**PROBLEM:** Where does the word "commands" show up in the data? Please find each such line and copy it.

**DATASET CONTENT:**

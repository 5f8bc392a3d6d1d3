//! Tests of the outside and of whole commands over files in memory.
//!
//! It has tests alone, apart from the crates that they test, so that these are proved once.
#![tactic(auto)]

#[cfg(test)]
mod campaigns;
#[cfg(test)]
mod checks;
#[cfg(test)]
mod commands;
#[cfg(test)]
mod examples;
#[cfg(test)]
mod fault_files;
#[cfg(test)]
mod files;
#[cfg(test)]
mod fronts;
#[cfg(test)]
mod outside;
#[cfg(test)]
mod printing;
#[cfg(test)]
mod replays;
#[cfg(test)]
mod reports;
#[cfg(test)]
mod running;
#[cfg(test)]
mod texts;
#[cfg(test)]
mod trials;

**TASK SOLUTION:**
//! Tests of the outside and of whole commands over files in memory.
mod commands;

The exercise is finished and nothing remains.